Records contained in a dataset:
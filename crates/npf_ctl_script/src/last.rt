// The last word of a line.
ghost use Rattle.std.specs.Prelude.{◌≡◌, ◌^◌, ◌↔◌, IsTrue, codes};
ghost use Rattle.npf_ctl_script.specs.Arguments.{IsLast, IsPacketCount};
ghost use Rattle.npf_ctl_script.specs.Numbers.{IsNumberBelow, IsSeconds};
ghost use Rattle.npf_ctl_script.specs.Words.{IsFound};
ghost use Rattle.npf_table.specs.PrefixText.{IsPrefixText};

use crate::number::{number_of, short_number_of};
use crate::seconds::seconds_of;
use crate::words::only_word;
use npf_table::written_prefix;
use npf_types::Prefix;

/// The number of a rule.
pub(crate) fn last_number(text: &[u8]) -> Option<u32>
    ensures { IsFound (IsLast (IsNumberBelow (2 ^ 32))) text.now result }
{
    let Some(word) = only_word(text) else {
        return None;
    };
    short_number_of(word)
}

/// An address or a prefix.
pub(crate) fn last_prefix(text: &[u8]) -> Option<Prefix>
    ensures { IsFound (IsLast IsPrefixText) text.now result }
{
    let Some(word) = only_word(text) else {
        return None;
    };
    written_prefix(word)
}

/// A moment, in nanoseconds.
pub(crate) fn last_moment(text: &[u8]) -> Option<u64>
    ensures { IsFound (IsLast IsSeconds) text.now result }
{
    let Some(word) = only_word(text) else {
        return None;
    };
    seconds_of(word)
}

/// How many packets a phase has, None for all that are left.
pub(crate) fn last_count(text: &[u8]) -> Option<Option<u64>>
    ensures { IsFound (IsLast IsPacketCount) text.now result }
{
    let Some(word) = only_word(text) else {
        return None;
    };
    packet_count(word)
}

fn packet_count(word: &[u8]) -> Option<Option<u64>>
    ensures { IsFound IsPacketCount word.now result }
{
    if is_rest(word) {
        return Some(None);
    }
    match number_of(word) {
        Some(count) => Some(Some(count)),
        None => None,
    }
}

fn is_rest(word: &[u8]) -> bool
    ensures { IsTrue result ↔ (word.now ≡ codes "rest") }
{
    matches!(word, b"rest")
}
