// Translation and normalisation: a packet's addresses, ports, time to live, fragment field and
// maximum segment size are written in place, and the sums over them follow.
//
// Translation is that of RFC 3022 and, where a change keeps the sum of the addresses, of RFC 6296;
// normalisation is that of npf.conf(5), "Procedures": `min-ttl`, `no-df` and `max-mss`. A sum is
// adjusted by the 16-bit words that change (RFC 1624), never computed anew, so the payload isn't
// read and a wrong sum stays as wrong as it was. Where fields stand is npf_packet's to say.
//
// The contract: each call writes the words that `Translated` and `Normalised` name, with the
// values that these name, and changes no other byte. Neither takes memory nor can be refused; each
// asks that the packet's parts lie within its bytes, which those of a decoded packet do. Laws say
// of what is sent that a sum that verified still verifies, also after a neutral change that writes
// no port and keeps the sum of the addresses, that its lengths are the packet's, and that it decodes
// to the facts of the change. What npf_icmpalg writes in a packet it writes by `WordAt` and the
// calls beside it.
#![tactic(auto)]

mod address;
mod laws;
mod normalised;
mod sum;
mod translated;
mod word;

pub use address::{sum_after_end, write_end};
pub use laws::{
    absent_sum_stays, decoded_has_room, header_sum_follows, neutral_sums_follow,
    normalised_decodes, normalised_has_fields, normalised_sums_follow, sent_is_packet,
    sent_keeps_lengths, translated_decodes, upper_sum_follows,
};
pub use normalised::normalize;
pub use sum::{UDP_ZERO, ZERO, sum_after_named};
pub use translated::translate;
pub use word::{WordAt, named_word, write_named, write_word};
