// What the instructions do, by the table of bpf(4). A is the accumulator, X the index register,
// M the scratch memory store and P the packet.
ghost use Rattle.std.specs.Prelude.{◌≡◌, ◌≤◌, Some};
ghost use Rattle.npf_bpf.specs.Table.{arithmetic_code, comparison_code, coprocessor_call, decoded, insn_of, lookup, plain_insn, with_operand, insn_with_operand};

use crate::insn::Insn;
use Arithmetic::{Add, And, Divide, Multiply, Or, ShiftLeft, ShiftRight, Subtract};
use Comparison::{AnyBit, Equal, Greater, GreaterOrEqual};
use Operation::{
    AskHeader, AskMember, Calculate, CopyToAccumulator, CopyToIndex, Jump, JumpIf, LoadAbsolute,
    LoadConstant, LoadIndexConstant, LoadIndexHeader, LoadIndexLength, LoadIndexMemory,
    LoadIndirect, LoadLength, LoadMemory, Negate, ReturnAccumulator, ReturnConstant, Store,
    StoreIndex,
};
use Width::{Byte, Half, Word};

/// How many words the scratch memory store has: bpf(4)'s `BPF_MEMWORDS`.
pub const MEMORY_WORDS: usize = 16;

/// How many bytes a load takes from the packet: 4, 2 or 1.
#[derive(Clone, Copy, PartialEq, Eq, Debug)]
pub enum Width {
    Word,
    Half,
    Byte,
}

/// What A is calculated or compared with: the constant k, or X.
#[derive(Clone, Copy, PartialEq, Eq, Debug)]
pub enum Operand {
    Constant(u32),
    Index,
}

/// A calculation on A. All are unsigned and modulo 2^32.
#[derive(Clone, Copy, PartialEq, Eq, Debug)]
pub enum Arithmetic {
    Add,
    Subtract,
    Multiply,
    Divide,
    Or,
    And,
    ShiftLeft,
    ShiftRight,
}

/// An unsigned comparison of A with its operand. `AnyBit` holds where they share a bit.
#[derive(Clone, Copy, PartialEq, Eq, Debug)]
pub enum Comparison {
    Equal,
    Greater,
    GreaterOrEqual,
    AnyBit,
}

/// How far a comparison goes on, counted from the next instruction.
#[derive(Clone, Copy, PartialEq, Eq, Debug)]
pub struct Distances {
    pub on_true: u8,
    pub on_false: u8,
}

/// What an instruction does.
#[derive(Clone, Copy, PartialEq, Eq, Debug)]
pub enum Operation {
    /// `A <- P[k:width]`
    LoadAbsolute(Width, u32),
    /// `A <- P[X+k:width]`
    LoadIndirect(Width, u32),
    /// `A <- k`
    LoadConstant(u32),
    /// `A <- M[k]`
    LoadMemory(u32),
    /// `A <- len`
    LoadLength,
    /// `X <- k`
    LoadIndexConstant(u32),
    /// `X <- M[k]`
    LoadIndexMemory(u32),
    /// `X <- len`
    LoadIndexLength,
    /// `X <- 4*(P[k:1]&0xf)`, the length of an IPv4 header that begins at k
    LoadIndexHeader(u32),
    /// `M[k] <- A`
    Store(u32),
    /// `M[k] <- X`
    StoreIndex(u32),
    /// `A <- A op k`, `A <- A op X`
    Calculate(Arithmetic, Operand),
    /// `A <- -A`
    Negate,
    /// `pc += k`
    Jump(u32),
    /// `pc += (A > k) ? jt : jf`
    JumpIf(Comparison, Operand, Distances),
    /// accept k bytes
    ReturnConstant(u32),
    /// accept A bytes
    ReturnAccumulator,
    /// `X <- A`
    CopyToIndex,
    /// `A <- X`
    CopyToAccumulator,
    /// coprocessor function 0: what the packet's header is
    AskHeader,
    /// coprocessor function 1: whether a table has an address
    AskMember,
}

/// What an instruction does, or none where bpf(4)'s table doesn't have its code.
#[inline(always)]
pub fn decode(insn: Insn) -> Option<Operation>
    ensures { result ≡ decoded insn }
{
    match insn.code {
        0x20 => Some(LoadAbsolute(Word, insn.k)),
        0x28 => Some(LoadAbsolute(Half, insn.k)),
        0x30 => Some(LoadAbsolute(Byte, insn.k)),
        0x40 => Some(LoadIndirect(Word, insn.k)),
        0x48 => Some(LoadIndirect(Half, insn.k)),
        0x50 => Some(LoadIndirect(Byte, insn.k)),
        0x00 => Some(LoadConstant(insn.k)),
        0x60 => Some(LoadMemory(insn.k)),
        0x80 => Some(LoadLength),
        0x01 => Some(LoadIndexConstant(insn.k)),
        0x61 => Some(LoadIndexMemory(insn.k)),
        0x81 => Some(LoadIndexLength),
        0xb1 => Some(LoadIndexHeader(insn.k)),
        0x02 => Some(Store(insn.k)),
        0x03 => Some(StoreIndex(insn.k)),
        0x84 => Some(Negate),
        0x05 => Some(Jump(insn.k)),
        0x06 => Some(ReturnConstant(insn.k)),
        0x16 => Some(ReturnAccumulator),
        0x07 => Some(CopyToIndex),
        0x87 => Some(CopyToAccumulator),
        0x27 => decode_coprocessor_call(insn.k),
        _ => decode_with_operand(insn),
    }
}

// The codes that take an operand: k, or X where the bit 0x08 is set.
#[inline(always)]
fn decode_with_operand(insn: Insn) -> Option<Operation>
    ensures { result ≡ lookup insn.code (with_operand insn) }
{
    let operand = if insn.code & 0x08 == 0 {
        Operand::Constant(insn.k)
    } else {
        Operand::Index
    };
    let distances = Distances {
        on_true: insn.jt,
        on_false: insn.jf,
    };
    match insn.code {
        0x04 | 0x0c => Some(Calculate(Add, operand)),
        0x14 | 0x1c => Some(Calculate(Subtract, operand)),
        0x24 | 0x2c => Some(Calculate(Multiply, operand)),
        0x34 | 0x3c => Some(Calculate(Divide, operand)),
        0x44 | 0x4c => Some(Calculate(Or, operand)),
        0x54 | 0x5c => Some(Calculate(And, operand)),
        0x64 | 0x6c => Some(Calculate(ShiftLeft, operand)),
        0x74 | 0x7c => Some(Calculate(ShiftRight, operand)),
        0x15 | 0x1d => Some(JumpIf(Equal, operand, distances)),
        0x25 | 0x2d => Some(JumpIf(Greater, operand, distances)),
        0x35 | 0x3d => Some(JumpIf(GreaterOrEqual, operand, distances)),
        0x45 | 0x4d => Some(JumpIf(AnyBit, operand, distances)),
        _ => None,
    }
}

#[inline(always)]
fn decode_coprocessor_call(k: u32) -> Option<Operation>
    ensures { result ≡ coprocessor_call k }
{
    match k {
        0 => Some(AskHeader),
        1 => Some(AskMember),
        _ => None,
    }
}

impl Operation {
    /// The instruction that does this, by the same table. What the operation has no use for is 0.
    pub fn insn(self) -> Insn
        ensures value { result ≡ insn_of self }
        ensures decodes { decoded result ≡ Some self }
    {
        match self {
            LoadAbsolute(Word, k) => plain_insn(0x20, k),
            LoadAbsolute(Half, k) => plain_insn(0x28, k),
            LoadAbsolute(Byte, k) => plain_insn(0x30, k),
            LoadIndirect(Word, k) => plain_insn(0x40, k),
            LoadIndirect(Half, k) => plain_insn(0x48, k),
            LoadIndirect(Byte, k) => plain_insn(0x50, k),
            LoadConstant(k) => plain_insn(0x00, k),
            LoadMemory(k) => plain_insn(0x60, k),
            LoadLength => plain_insn(0x80, 0),
            LoadIndexConstant(k) => plain_insn(0x01, k),
            LoadIndexMemory(k) => plain_insn(0x61, k),
            LoadIndexLength => plain_insn(0x81, 0),
            LoadIndexHeader(k) => plain_insn(0xb1, k),
            Store(k) => plain_insn(0x02, k),
            StoreIndex(k) => plain_insn(0x03, k),
            Calculate(arithmetic, operand) => insn_with_operand(
                arithmetic.code(),
                operand,
                NOWHERE,
            ),
            Negate => plain_insn(0x84, 0),
            Jump(k) => plain_insn(0x05, k),
            JumpIf(comparison, operand, distances) => {
                insn_with_operand(comparison.code(), operand, distances)
            }
            ReturnConstant(k) => plain_insn(0x06, k),
            ReturnAccumulator => plain_insn(0x16, 0),
            CopyToIndex => plain_insn(0x07, 0),
            CopyToAccumulator => plain_insn(0x87, 0),
            AskHeader => plain_insn(0x27, 0),
            AskMember => plain_insn(0x27, 1),
        }
    }
}

// The distances of an instruction that isn't a comparison.
const NOWHERE: Distances = Distances {
    on_true: 0,
    on_false: 0,
};

fn plain_insn(code: u16, k: u32) -> Insn
    ensures { result ≡ plain_insn code k }
{
    Insn {
        code,
        jt: 0,
        jf: 0,
        k,
    }
}

// The code is that with k; that with X is 0x08 higher.
fn insn_with_operand(code: u16, operand: Operand, distances: Distances) -> Insn
    requires { code ≤ 0x74 }
    ensures { result ≡ insn_with_operand code operand distances }
{
    let (code, k) = match operand {
        Operand::Constant(k) => (code, k),
        Operand::Index => (code + 0x08, 0),
    };
    Insn {
        code,
        jt: distances.on_true,
        jf: distances.on_false,
        k,
    }
}

impl Arithmetic {
    fn code(self) -> u16
        ensures value { result ≡ arithmetic_code self }
        ensures bound { result ≤ 0x74 }
    {
        match self {
            Add => 0x04,
            Subtract => 0x14,
            Multiply => 0x24,
            Divide => 0x34,
            Or => 0x44,
            And => 0x54,
            ShiftLeft => 0x64,
            ShiftRight => 0x74,
        }
    }
}

impl Comparison {
    fn code(self) -> u16
        ensures value { result ≡ comparison_code self }
        ensures bound { result ≤ 0x45 }
    {
        match self {
            Equal => 0x15,
            Greater => 0x25,
            GreaterOrEqual => 0x35,
            AnyBit => 0x45,
        }
    }
}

*WHAT YOU NEED TO DO:*
Quote the records from their first line to the line with "use crate::seconds::seconds_of;", inclusive, without adding or dropping anything.

*RESPONSE TO THIS EXERCISE:*
filename crates/npf_ctl_script/src/last.rt
// The last word of a line.
ghost use Rattle.std.specs.Prelude.{◌≡◌, ◌^◌, ◌↔◌, IsTrue, codes};
ghost use Rattle.npf_ctl_script.specs.Arguments.{IsLast, IsPacketCount};
ghost use Rattle.npf_ctl_script.specs.Numbers.{IsNumberBelow, IsSeconds};
ghost use Rattle.npf_ctl_script.specs.Words.{IsFound};
ghost use Rattle.npf_table.specs.PrefixText.{IsPrefixText};

use crate::number::{number_of, short_number_of};
use crate::seconds::seconds_of;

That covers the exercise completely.